• Record extracts:
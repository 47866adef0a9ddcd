ghost use Rattle.std.specs.Prelude.{◌≡◌, ℕ, ◌<◌, ◌+ℤ◌, length, IsTrue};
ghost use Rattle.loc_base.specs.Bits.{width_of, value_of};
ghost use Rattle.design_core.specs.Operator.{integer_of};
ghost use Rattle.design_core.specs.Valuation.{bit, bit_or_zero, number, place_within};
ghost use Rattle.design_core.specs.WellFormed.{is_width};
ghost use Rattle.word_net.specs.Selects.{picked_bit, position_in, put_bit, put_picked};
ghost use Rattle.plain_values.specs.Evaluate.{near_of};

use crate::bits::is_negative;
use loc_base::Bits;
use plain_values::{bit_of, distance_of, replaced, with_next};

/// Every index that is named by a range and an offset of 32 bits lies below this, and above its negation.
const FAR: u128 = 1_099_511_627_776;

/// A word whose bits have indexes, from the one declared leftmost to the one declared rightmost.
#[derive(Clone, Copy)]
pub(crate) struct Ranged {
    pub(crate) word: Bits,
    pub(crate) left: i32,
    pub(crate) right: i32,
}

/// An index, which may be signed.
#[derive(Clone, Copy)]
pub(crate) struct Index {
    pub(crate) word: Bits,
    pub(crate) signed: bool,
}

impl Index {
    /// The number that it is, where it lies near enough to 0 to name something.
    #[tactic(auto, using(plain_values::proofs::EvaluateSelect::near_index))]
    fn near(self) -> Option<i64>
        ensures { result ≡ near_of (integer_of self.signed (width_of self.word) (value_of self.word)) }
    {
        let below = self.signed && is_negative(self.word);
        let size = if below {
            self.word.not().value()
        } else {
            self.word.value()
        };
        if size >= FAR {
            None
        } else if below {
            Some(-1 - size as i64)
        } else {
            Some(size as i64)
        }
    }
}

/// A distance as a place among a number of places.
fn place_within(places: u8, distance: i64) -> Option<u8>
    ensures { result ≡ place_within places distance }
{
    if 0 <= distance && distance < i64::from(places) {
        Some(distance as u8)
    } else {
        None
    }
}

impl Ranged {
    /// The position of the bit that has an index and an offset.
    #[tactic(auto, using(crate::proofs::Picked::position_steps, std::proofs::lemmas::Int::ints))]
    fn position(self, index: Index, offset: i32) -> Option<u8>
        ensures { result ≡ position_in (record { width = width_of self.word; left = self.left; right = self.right }) (integer_of index.signed (width_of index.word) (value_of index.word) +ℤ offset) }
    {
        let width = self.word.width();
        let left = self.left;
        let right = self.right;
        let Some(near) = index.near() else {
            return None;
        };
        place_within(width, distance_of(left, right, near + i64::from(offset)))
    }

    /// Another word of this one's range with the bit that has an index and an offset replaced, where there is one, by the lowest
    /// bit of a value.
    #[tactic(auto, using(crate::proofs::Picked::bit_steps))]
    fn with_bit(self, word: Bits, index: Index, offset: i32, value: Bits) -> Bits
        requires { width_of word ≡ width_of self.word }
        ensures width { width_of result ≡ width_of self.word }
        ensures bits { (p : ℕ) → p < width_of self.word → bit (value_of result) p
            ≡ put_bit (bit (value_of word)) (position_in (record { width = width_of self.word; left = self.left; right = self.right }) (integer_of index.signed (width_of index.word) (value_of index.word) +ℤ offset)) (bit (value_of value) 0) p }
    {
        match self.position(index, offset) {
            Some(position) => replaced(word, position, 1, value),
            None => word,
        }
    }

    /// Whether the bit that has an index and an offset is there and is 1.
    fn picks(self, index: Index, offset: i32) -> bool
        ensures { result ≡ bit_or_zero (bit (value_of self.word)) (position_in (record { width = width_of self.word; left = self.left; right = self.right }) (integer_of index.signed (width_of index.word) (value_of index.word) +ℤ offset)) }
    {
        match self.position(index, offset) {
            Some(position) => bit_of(self.word, u32::from(position)),
            None => false,
        }
    }

    /// The bits that have an index and each of the offsets. Those that the word lacks are 0.
    #[tactic(auto, using(crate::proofs::Picked::picked_steps))]
    pub(crate) fn picked(self, index: Index, offsets: &[i32]) -> Bits
        requires { IsTrue (is_width (length offsets.now)) }
        ensures width { width_of result ≡ length offsets.now }
        ensures value { value_of result ≡ number (length offsets.now)
            (picked_bit (record { width = width_of self.word; left = self.left; right = self.right }) (bit (value_of self.word)) (integer_of index.signed (width_of index.word) (value_of index.word)) offsets.now) }
    {
        let mut value: u128 = 0;
        for b in 0..offsets.len() {
            value = with_next(value, b, self.picks(index, offsets[b]));
        }
        Bits::new(offsets.len() as u8, value).unwrap()
    }

    /// The word with the bits that have an index and each of the offsets replaced, the lowest first, by those of another. What
    /// the word lacks is stored nowhere.
    #[tactic(auto, using(crate::proofs::Picked::put_steps))]
    pub(crate) fn put(self, index: Index, offsets: &[i32], bits: Bits) -> Bits
        ensures width { width_of result ≡ width_of self.word }
        ensures value { value_of result ≡ number (width_of self.word)
            (put_picked (record { width = width_of self.word; left = self.left; right = self.right }) (bit (value_of self.word)) (integer_of index.signed (width_of index.word) (value_of index.word)) 0 offsets.now (bit (value_of bits))) }
    {
        let mut word = self.word;
        for b in 0..offsets.len() {
            word = self.with_bit(word, index, offsets[b], bits.shift_right(b as u128));
        }
        word
    }
}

• Work request: Retype the entries above. Match them exactly.

• Written reply:
repository 47866adef0a9ddcd
ghost use Rattle.std.specs.Prelude.{◌≡◌, ℕ, ◌<◌, ◌+ℤ◌, length, IsTrue};
ghost use Rattle.loc_base.specs.Bits.{width_of, value_of};
ghost use Rattle.design_core.specs.Operator.{integer_of};
ghost use Rattle.design_core.specs.Valuation.{bit, bit_or_zero, number, place_within};
ghost use Rattle.design_core.specs.WellFormed.{is_width};
ghost use Rattle.word_net.specs.Selects.{picked_bit, position_in, put_bit, put_picked};
ghost use Rattle.plain_values.specs.Evaluate.{near_of};

use crate::bits::is_negative;
use loc_base::Bits;
use plain_values::{bit_of, distance_of, replaced, with_next};

/// Every index that is named by a range and an offset of 32 bits lies below this, and above its negation.
const FAR: u128 = 1_099_511_627_776;

/// A word whose bits have indexes, from the one declared leftmost to the one declared rightmost.
#[derive(Clone, Copy)]
pub(crate) struct Ranged {
    pub(crate) word: Bits,
    pub(crate) left: i32,
    pub(crate) right: i32,
}

/// An index, which may be signed.
#[derive(Clone, Copy)]
pub(crate) struct Index {
    pub(crate) word: Bits,
    pub(crate) signed: bool,
}

impl Index {
    /// The number that it is, where it lies near enough to 0 to name something.
    #[tactic(auto, using(plain_values::proofs::EvaluateSelect::near_index))]
    fn near(self) -> Option<i64>
        ensures { result ≡ near_of (integer_of self.signed (width_of self.word) (value_of self.word)) }
    {
        let below = self.signed && is_negative(self.word);
        let size = if below {
            self.word.not().value()
        } else {
            self.word.value()
        };
        if size >= FAR {
            None
        } else if below {
            Some(-1 - size as i64)
        } else {
            Some(size as i64)
        }
    }
}

/// A distance as a place among a number of places.
fn place_within(places: u8, distance: i64) -> Option<u8>
    ensures { result ≡ place_within places distance }
{
    if 0 <= distance && distance < i64::from(places) {
        Some(distance as u8)
    } else {
        None
    }
}

impl Ranged {
    /// The position of the bit that has an index and an offset.
    #[tactic(auto, using(crate::proofs::Picked::position_steps, std::proofs::lemmas::Int::ints))]
    fn position(self, index: Index, offset: i32) -> Option<u8>
        ensures { result ≡ position_in (record { width = width_of self.word; left = self.left; right = self.right }) (integer_of index.signed (width_of index.word) (value_of index.word) +ℤ offset) }
    {
        let width = self.word.width();
        let left = self.left;
        let right = self.right;
        let Some(near) = index.near() else {
            return None;
        };
        place_within(width, distance_of(left, right, near + i64::from(offset)))
    }

    /// Another word of this one's range with the bit that has an index and an offset replaced, where there is one, by the lowest
    /// bit of a value.
    #[tactic(auto, using(crate::proofs::Picked::bit_steps))]
    fn with_bit(self, word: Bits, index: Index, offset: i32, value: Bits) -> Bits
        requires { width_of word ≡ width_of self.word }
        ensures width { width_of result ≡ width_of self.word }
        ensures bits { (p : ℕ) → p < width_of self.word → bit (value_of result) p
            ≡ put_bit (bit (value_of word)) (position_in (record { width = width_of self.word; left = self.left; right = self.right }) (integer_of index.signed (width_of index.word) (value_of index.word) +ℤ offset)) (bit (value_of value) 0) p }
    {
        match self.position(index, offset) {
            Some(position) => replaced(word, position, 1, value),
            None => word,
        }
    }

    /// Whether the bit that has an index and an offset is there and is 1.
    fn picks(self, index: Index, offset: i32) -> bool
        ensures { result ≡ bit_or_zero (bit (value_of self.word)) (position_in (record { width = width_of self.word; left = self.left; right = self.right }) (integer_of index.signed (width_of index.word) (value_of index.word) +ℤ offset)) }
    {
        match self.position(index, offset) {
            Some(position) => bit_of(self.word, u32::from(position)),
            None => false,
        }
    }

    /// The bits that have an index and each of the offsets. Those that the word lacks are 0.
    #[tactic(auto, using(crate::proofs::Picked::picked_steps))]
    pub(crate) fn picked(self, index: Index, offsets: &[i32]) -> Bits
        requires { IsTrue (is_width (length offsets.now)) }
        ensures width { width_of result ≡ length offsets.now }
        ensures value { value_of result ≡ number (length offsets.now)
            (picked_bit (record { width = width_of self.word; left = self.left; right = self.right }) (bit (value_of self.word)) (integer_of index.signed (width_of index.word) (value_of index.word)) offsets.now) }
    {
        let mut value: u128 = 0;
        for b in 0..offsets.len() {
            value = with_next(value, b, self.picks(index, offsets[b]));
        }
        Bits::new(offsets.len() as u8, value).unwrap()
    }

    /// The word with the bits that have an index and each of the offsets replaced, the lowest first, by those of another. What
    /// the word lacks is stored nowhere.
    #[tactic(auto, using(crate::proofs::Picked::put_steps))]
    pub(crate) fn put(self, index: Index, offsets: &[i32], bits: Bits) -> Bits
        ensures width { width_of result ≡ width_of self.word }
        ensures value { value_of result ≡ number (width_of self.word)
            (put_picked (record { width = width_of self.word; left = self.left; right = self.right }) (bit (value_of self.word)) (integer_of index.signed (width_of index.word) (value_of index.word)) 0 offsets.now (bit (value_of bits))) }
    {
        let mut word = self.word;
        for b in 0..offsets.len() {
            word = self.with_bit(word, index, offsets[b], bits.shift_right(b as u128));
        }
        word
    }
}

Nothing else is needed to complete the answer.